Here is an INF example for setting this as device state:

AddReg = Example_DDInstall.AddReg


An INF example for setting this as device interface state would be:

AddInterface = {<fill in an interface class GUID for an interface exposed by the device>},,Example_Add_Interface_Section

AddReg = Example_Add_Interface_Section.AddReg


The above examples use an empty flags value, which results in a REG_SZ registry value. This results in the %13% being turned into a fully qualified user mode file path. In many cases, it is preferable to have the path be relative to an environment variable. If a flags value of 0x20000 is used, the registry value is of type REG_EXPAND_SZ and the %13% converts to a path with appropriate environment variables to abstract the location of the path. When retrieving this registry value, call ExpandEnvironmentStrings to resolve the environment variables in the path.

If the value needs to be read by a kernel mode component, the value should be a REG_SZ value. When the kernel mode component reads that value, it should prepend \??\ before passing it to APIs such as ZwOpenFile.

To access this setting when it is part of the device's state, first the application must find the identity of the device. User mode code can use CM_Get_Device_ID_List_Size and CM_Get_Device_ID_List to get a list of devices, filtered as necessary. That list of devices might contain multiple devices, so search for the appropriate device before reading state from the device. For example, call CM_Get_DevNode_Property to retrieve properties on the device when looking for a device matching specific criteria.

Once the correct device is found, call CM_Open_DevNode_Key to get a handle to the registry location where the device state was stored.

Kernel mode code should retrieve a PDO (physical device object) and call IoOpenDeviceRegistryKey.

To access this setting when it is device interface state, User mode code can call CM_Get_Device_Interface_List_Size and CM_Get_Device_Interface_List.

Additionally CM_Register_Notification can be used to be notified of arrivals and removals of device interfaces so the code gets notified when the interface is enabled and then can retrieve the state. There may be multiple device interfaces in the device interface class used in the above APIs. Examine those interfaces to determine which is the correct interface for the setting to read.

Once the correct device interface is found, call CM_Open_Device_Interface_Key.

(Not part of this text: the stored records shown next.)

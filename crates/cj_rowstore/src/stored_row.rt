//! Rows as the tree stores them.

ghost use Rattle.std.specs.Prelude.{◌≡◌, IfOk};
ghost use Rattle.cj_rowstore.specs.StoredRows.{row_held};

use crate::row_edit::RowEdit;
use cj_model::{Duplicate, NoMemory, Row, Value};
use std::alloc::Global;
use std::marker::Model;

/// Where a row's values are stored.
#[derive(Drop)]
enum Storage {
    /// Two values beside the key, in the tree's own memory.
    Pair([Value; 2]),
    /// A row in an allocation of its own.
    Own(Row),
}

/// A row, as an entry of the tree stores it. A row of two values is stored beside its key, so that a walk over a table
/// of such rows stays in the tree's memory. Longer rows have an allocation of their own.
#[derive(Drop)]
pub(crate) struct StoredRow {
    storage: Storage,
}

impl Model for StoredRow {
    ghost use Rattle.cj_rowstore.specs.StoredRows.{RowValues, row_held};

    ghost Value = { RowValues };

    ghost view = { λ row. row_held row.storage };
}

fn copied(storage: &Storage, alloc: Global) -> Result<Storage, NoMemory>
    ensures { IfOk result (λ copy. row_held copy ≡ row_held storage.now) }
{
    match storage {
        Storage::Pair([first, second]) => {
            Ok(Storage::Pair([first.copy(alloc)?, second.copy(alloc)?]))
        }
        Storage::Own(row) => Ok(Storage::Own(row.copy(alloc)?)),
    }
}

impl Duplicate for StoredRow {
    fn copy(&self, alloc: Global) -> Result<StoredRow, NoMemory> {
        Ok(StoredRow {
            storage: copied(&self.storage, alloc)?,
        })
    }
}

impl StoredRow {
    /// Stores a row, without allocation.
    pub fn of(row: Row) -> StoredRow
        ensures { result ≡ row }
    {
        StoredRow {
            storage: match <[Value; 2]>::try_from(row.into_vec()) {
                Ok(pair) => Storage::Pair(pair),
                Err(values) => Storage::Own(Row::from_vec(values)),
            },
        }
    }

    /// The row's values.
    pub fn values(&self) -> &[Value]
        ensures { result.now ≡ self.now }
    {
        match &self.storage {
            Storage::Pair(pair) => pair,
            Storage::Own(row) => row.as_slice(),
        }
    }

    /// Edits the row in place.
    pub fn edit<R: RowEdit>(&mut self, by: &R)
        ensures { self.new ≡ R.edited by.now self.old }
    {
        match &mut self.storage {
            Storage::Pair(pair) => by.edit(pair),
            Storage::Own(row) => by.edit(row.as_mut_slice()),
        }
    }
}
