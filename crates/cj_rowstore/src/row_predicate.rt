//! Tests of rows.

ghost use Rattle.std.specs.Prelude.{◌≡◌, Bool, List};
ghost use Rattle.cj_model.specs.declared.value.Value.{Value};

use crate::stored_row::StoredRow;
use cj_model::Value;
use cj_ptree::Edit;

/// A test of rows. It can't fail, so it must not allocate.
pub trait RowTest {
    /// Whether a row passes the test.
    ghost passes: { Self → List Value → Bool };

    fn test(&self, row: &[Value]) -> bool
        ensures { result ≡ passes self.now row.now };
}

/// The edit of a tree by which only the rows stay that pass.
#[derive(Drop)]
pub(crate) struct Passing<'a, T> {
    pub by: &'a T,
}

impl<'a, T: RowTest> Edit<StoredRow> for Passing<'a, T> {
    ghost stays = { λ passing row. T.passes passing.by.now row };

    ghost edited = { λ _ row. row };

    fn edit(&self, row: &mut StoredRow) -> bool {
        self.by.test(row.values())
    }
}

Kernel mode code can retrieve a symbolic link name for the device interface from which to get state. To do so, call IoRegisterPlugPlayNotification to register for device interface notifications on the appropriate device interface class. Alternatively, call IoGetDeviceInterfaces to get a list of current device interfaces on the system. There may be multiple device interfaces in the device interface class used in the above APIs. Examine those interfaces to determine which is the correct interface that should have the setting to be read.

Once the appropriate symbolic link name is found, call IoOpenDeviceInterfaceRegistryKey to retrieve a handle to the registry location where the device interface state was stored.

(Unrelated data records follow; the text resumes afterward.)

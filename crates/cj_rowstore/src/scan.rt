//! The rows of a table, one after another.

ghost use Rattle.std.specs.Prelude.{◌≡◌};
ghost use Rattle.std.specs.Iterator.{YieldsFirstRef, item_count};
ghost use Rattle.std.specs.Map.{values_of};

use crate::stored_row::StoredRow;
use cj_model::Value;
use cj_ptree::PIter;
use std::marker::Model;

/// The rows of a table as a transaction sees it, in rising key. Contracts see the rows that are left.
#[derive(Drop)]
pub struct Scan<'a> {
    rows: PIter<'a, Value, StoredRow>,
}

impl<'a> Model for Scan<'a> {
    ghost use Rattle.std.specs.Map.{values_of};
    ghost use Rattle.cj_rowstore.specs.RowEntries.{Rows};

    ghost Value = { Rows };

    ghost view = { λ scan. values_of scan.rows };
}

impl<'a> Scan<'a> {
    /// A scan of the rows of a walk.
    pub(crate) fn of(rows: PIter<'a, Value, StoredRow>) -> Scan<'a>
        ensures { result ≡ values_of rows.entry }
    {
        Scan { rows }
    }
}

impl<'a> Iterator for Scan<'a> {
    type Item = &'a [Value];

    ghost next_gives = { YieldsFirstRef (λ s. s) };

    ghost remaining = { item_count (λ s. s) };

    fn next(&mut self) -> Option<&'a [Value]> {
        match self.rows.next() {
            Some((_, row)) => Some(row.values()),
            None => None,
        }
    }
}
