//! Changes of rows, by their keys.

ghost use Rattle.std.specs.Prelude.{◌≡◌, ◌↔◌, ◌∷◌, [], Some, length, IsTrue, MatchOption, OnOk, OnErr};
ghost use Rattle.std.specs.BTreeMap.{insert_entry, is_at};
ghost use Rattle.std.specs.Map.{remove_entry};
ghost use Rattle.cj_model.specs.Database.Values.{value_cmp};
ghost use Rattle.cj_ptree.specs.Pairs.{PairsRise};
ghost use Rattle.cj_rowstore.specs.Entries.{at};
ghost use Rattle.cj_rowstore.specs.RowEntries as entries;

use crate::stored_row::StoredRow;
use cj_model::{NoMemory, Row, Value, are_same};
use std::alloc::Global;
use std::collections::BTreeMap;
use std::marker::Model;

/// Changes of a table: keys in rising order, each with its new row, or with none where its row goes.
#[derive(Drop)]
pub struct RowMap {
    pub(crate) rows: BTreeMap<Value, Option<StoredRow>>,
}

impl Model for RowMap {
    ghost use Rattle.cj_model.specs.Database.Values.{value_cmp};
    ghost use Rattle.cj_ptree.specs.Pairs.{PairsRise};
    ghost use Rattle.cj_rowstore.specs.RowEntries.{RowEntries};

    ghost Value = { RowEntries };

    ghost view = { λ map. map.rows.entries };

    ghost invariant = { λ map. PairsRise value_cmp map.rows.entries };
}

fn stored(row: Option<Row>) -> Option<StoredRow>
    ensures { result ≡ row }
{
    match row {
        Some(row) => Some(StoredRow::of(row)),
        None => None,
    }
}

/// Whether the stored row is there and equals `row`.
fn holds(kept: &Option<StoredRow>, row: &[Value]) -> bool
    ensures { IsTrue result ↔ (kept.now ≡ Some row.now) }
{
    match kept {
        Some(kept) => are_same(kept.values(), row),
        None => false,
    }
}

impl RowMap {
    /// No changes, without allocation.
    pub fn new(alloc: Global) -> RowMap
        ensures { result ≡ [] }
    {
        RowMap {
            rows: BTreeMap::new(alloc),
        }
    }

    /// The law that the keys rise.
    pub fn rises(&self)
        ensures { PairsRise value_cmp self.now }
    {
        let _ = &self.rows;
    }

    /// The number of changes.
    pub(crate) fn len(&self) -> usize
        ensures { result ≡ length self.now }
    {
        self.rows.len()
    }

    /// Whether there is a change at the key.
    pub fn knows(&self, key: &Value) -> bool
        ensures { result ≡ entries.knows self.now key.now }
    {
        self.rows.contains_key(key)
    }

    /// Puts a row or none at a key, in place of what was there. `NoMemory` leaves the changes as they were.
    #[tactic(auto, using(crate::proofs::EntryLaws::rise_from))]
    pub fn insert(&mut self, key: Value, row: Option<Row>) -> Result<(), NoMemory>
        ensures ok { OnOk result (self.new ≡ insert_entry value_cmp self.old key row) }
        ensures err { OnErr result (self.new ≡ self.old) }
        ensures rises { PairsRise value_cmp self.new }
        ensures rose { PairsRise value_cmp self.old }
    {
        self.rows.insert(key, stored(row))?;
        Ok(())
    }

    #[tactic(auto, using(crate::proofs::EntryLaws::rise_from))]
    fn remove(&mut self, key: &Value)
        ensures entries { self.new ≡ remove_entry (is_at (value_cmp key.now)) self.old }
        ensures rises { PairsRise value_cmp self.new }
    {
        self.rows.remove(key);
    }

    /// Takes the first change out; none if there is none.
    #[tactic(auto, using(crate::proofs::EntryLaws::rise_from))]
    pub(crate) fn take_first(&mut self) -> Option<(Value, Option<StoredRow>)>
        ensures { MatchOption result (self.old ≡ []) (λ change. self.old ≡ change ∷ self.new) }
    {
        self.rows.pop_first()
    }

    fn has(&self, key: &Value, row: &[Value]) -> bool
        ensures { IsTrue result ↔ (at value_cmp key.now self.now ≡ Some (Some row.now)) }
    {
        match self.rows.get(key) {
            Some(found) => holds(found, row),
            None => false,
        }
    }

    /// Adapts the change at a row's key to the row, which is in the table. The change goes if it puts this very row.
    /// Where there was no change, one is made that removes the row. After `NoMemory` the contract says nothing of the
    /// changes.
    pub fn settle(&mut self, key: Value, row: &[Value]) -> Result<(), NoMemory>
        ensures settles { OnOk result (entries.SettlesRow key row.now self.old self.new) }
        ensures rises { OnOk result (PairsRise value_cmp self.new) }
    {
        self.rises();
        if self.has(&key, row) {
            self.remove(&key);
            return Ok(());
        }
        if self.knows(&key) {
            return Ok(());
        }
        self.insert(key, None)?;
        Ok(())
    }
}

Use the CM_GETIDLIST_FILTER_PRESENT flag with CM_Get_Device_ID_List_Size and CM_Get_Device_ID_List or the CM_GET_DEVICE_INTERFACE_LIST_PRESENT flag with CM_Get_Device_Interface_List_Size and CM_Get_Device_Interface_List. This ensures that hardware is present and ready for communication.


The following diagram shows the driver packages that Fabrikam and Contoso created for their Universal Windows Driver. In the loosely coupled example, they will make three separate submissions on the Windows Hardware Dev Center dashboard: one for the base, one for the extension, and one for the component. In the tightly coupled example, they will make two submissions: base and extension/component.

Extension, base, and component driver packages

Note that the component INF will match on the component hardware ID, whereas the base and extensions will match on the board's hardware ID.